MTHFR C677T polymorphism, GSTM1 deletion and male infertility: a possible suggestion of a gene–gene interaction?

, &
Pages 53-60 | Received 17 Aug 2005, Published online: 08 Oct 2008
 

Abstract

Methylenetetrahydrofolate reductase (MTHFR) is a gene involved in the process of DNA synthesis and methylation. The MTHFR C677T polymorphism has been associated with male infertility. A prospective study was conducted on men seeking care at the infertility clinic in Milano to determine if the MTHFR C677T polymorphism is associated with infertility, and if such an association is modified by a common deletion of one of the glutathione transferases, GSTM1. One year after enrolment, 46 subjects reported having had a child, while 59 were still childless.
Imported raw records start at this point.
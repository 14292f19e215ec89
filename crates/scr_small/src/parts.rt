//! The two parts of a puzzle's states, each as a coordinate, and the table over both side by side.
ghost use Rattle.std.specs.Prelude.{◌≡◌};
ghost use Rattle.scr_positions.specs.Coordinates.{StaysBelow};
ghost use Rattle.scr_small.specs.StateParts.{low_part, high_part};
ghost use Rattle.scr_small.specs.Tables.{table_line};

use crate::one_table::OneTable;
use scr_outside::NoMemory;
use scr_positions::{Coord, MoveTable, Product};
use scr_table::{Line, TableName};
use std::alloc::Global;
use std::marker::PhantomData;

/// The part whose numbers follow each other. A step finds the state, turns it, and numbers it, so that tables of moves
/// are to be made of it.
#[derive(Drop)]
pub(crate) struct LowPart<P: OneTable> {
    puzzle: PhantomData<P>,
    ghost stays: { StaysBelow (low_part P.shown P.TABLE.low) },
    ghost first: { P.shown.numbered.number_of P.shown.solved ≡ 0 },
}

/// The other part. A step does as much.
#[derive(Drop)]
pub(crate) struct HighPart<P: OneTable> {
    puzzle: PhantomData<P>,
    ghost stays: { StaysBelow (high_part P.shown P.TABLE.low P.TABLE.high) },
    ghost first: { P.shown.numbered.number_of P.shown.solved ≡ 0 },
}

impl<P: OneTable> Coord for LowPart<P> {
    ghost coordinate = { λ _. low_part P.shown P.TABLE.low };

    fn count(&self) -> u32 {
        P::TABLE.low
    }

    fn turns(&self) -> u32 {
        P::turns()
    }

    fn after(&self, position: u32, turn: u32) -> Option<u32> {
        let state = P::numbers().state_at(u128::from(position));
        Some(P::number(&P::turned(&state, turn)) % P::TABLE.low)
    }

    fn is_goal(&self, position: u32) -> bool {
        position == 0
    }
}

impl<P: OneTable> Coord for HighPart<P> {
    ghost coordinate = { λ _. high_part P.shown P.TABLE.low P.TABLE.high };

    fn count(&self) -> u32 {
        P::TABLE.high
    }

    fn turns(&self) -> u32 {
        P::turns()
    }

    fn after(&self, position: u32, turn: u32) -> Option<u32> {
        let numbers = P::numbers();
        let state = numbers.state_at(u128::from(P::TABLE.low * position));
        Some(P::number(&P::turned(&state, turn)) / P::TABLE.low)
    }

    fn is_goal(&self, position: u32) -> bool {
        position == 0
    }
}

/// The table of a puzzle's states. Its moves are those of their parts.
pub(crate) struct PartsLine<P: OneTable> {
    puzzle: PhantomData<P>,
}

impl<P: OneTable> Line for PartsLine<P> {
    ghost line = { table_line P.shown P.TABLE };

    fn reach() -> (TableName, u32) {
        let _numbers = P::numbers();
        (P::TABLE.name, P::TABLE.bound)
    }

    type Moves = Product<MoveTable, MoveTable>;

    fn moves(alloc: Global) -> Result<Product<MoveTable, MoveTable>, NoMemory> {
        let _numbers = P::numbers();
        let low = LowPart::<P> {
            puzzle: PhantomData,
        };
        let high = HighPart::<P> {
            puzzle: PhantomData,
        };
        Product::of_moves(alloc, &low, &high)
    }
}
Subjects carrying the MTHFR C677T homozygous variant polymorphism were at increased risk of being infertile after 1-year follow-up (OR 3.7, 95% CI = 1.4–10.4); carriers of the homozygous variant MTHFR genotype and of a functional copy of GSTM1 appear to have a significantly higher risk of infertility (n=11; OR = 22.0 95% CI = 3.8–127.9) than subjects who carry the wild-type genotype for both genes. Such risk becomes non-significant when the GSTM1 deletion is also present (n=5; OR = 1.1 95% CI = 0.2–5.1). A possible explanation of this unexpected result could lie in the known involvement of glutathione transferases in the metabolic pathways of both methylation and transulfuration. The interaction found deserves confirmation and replication in a larger population, since it may be relevant to several chronic diseases such as cardiovascular diseases and cancer.

Acknowledgements

The authors acknowledge Dr Ragni for allowing access to the population of infertile men, and Raffaella Masucci and Luca Brenga for technical assistance. The study was performed with the support of a grant (No. 146) from the Istituto Nazionale Tumori.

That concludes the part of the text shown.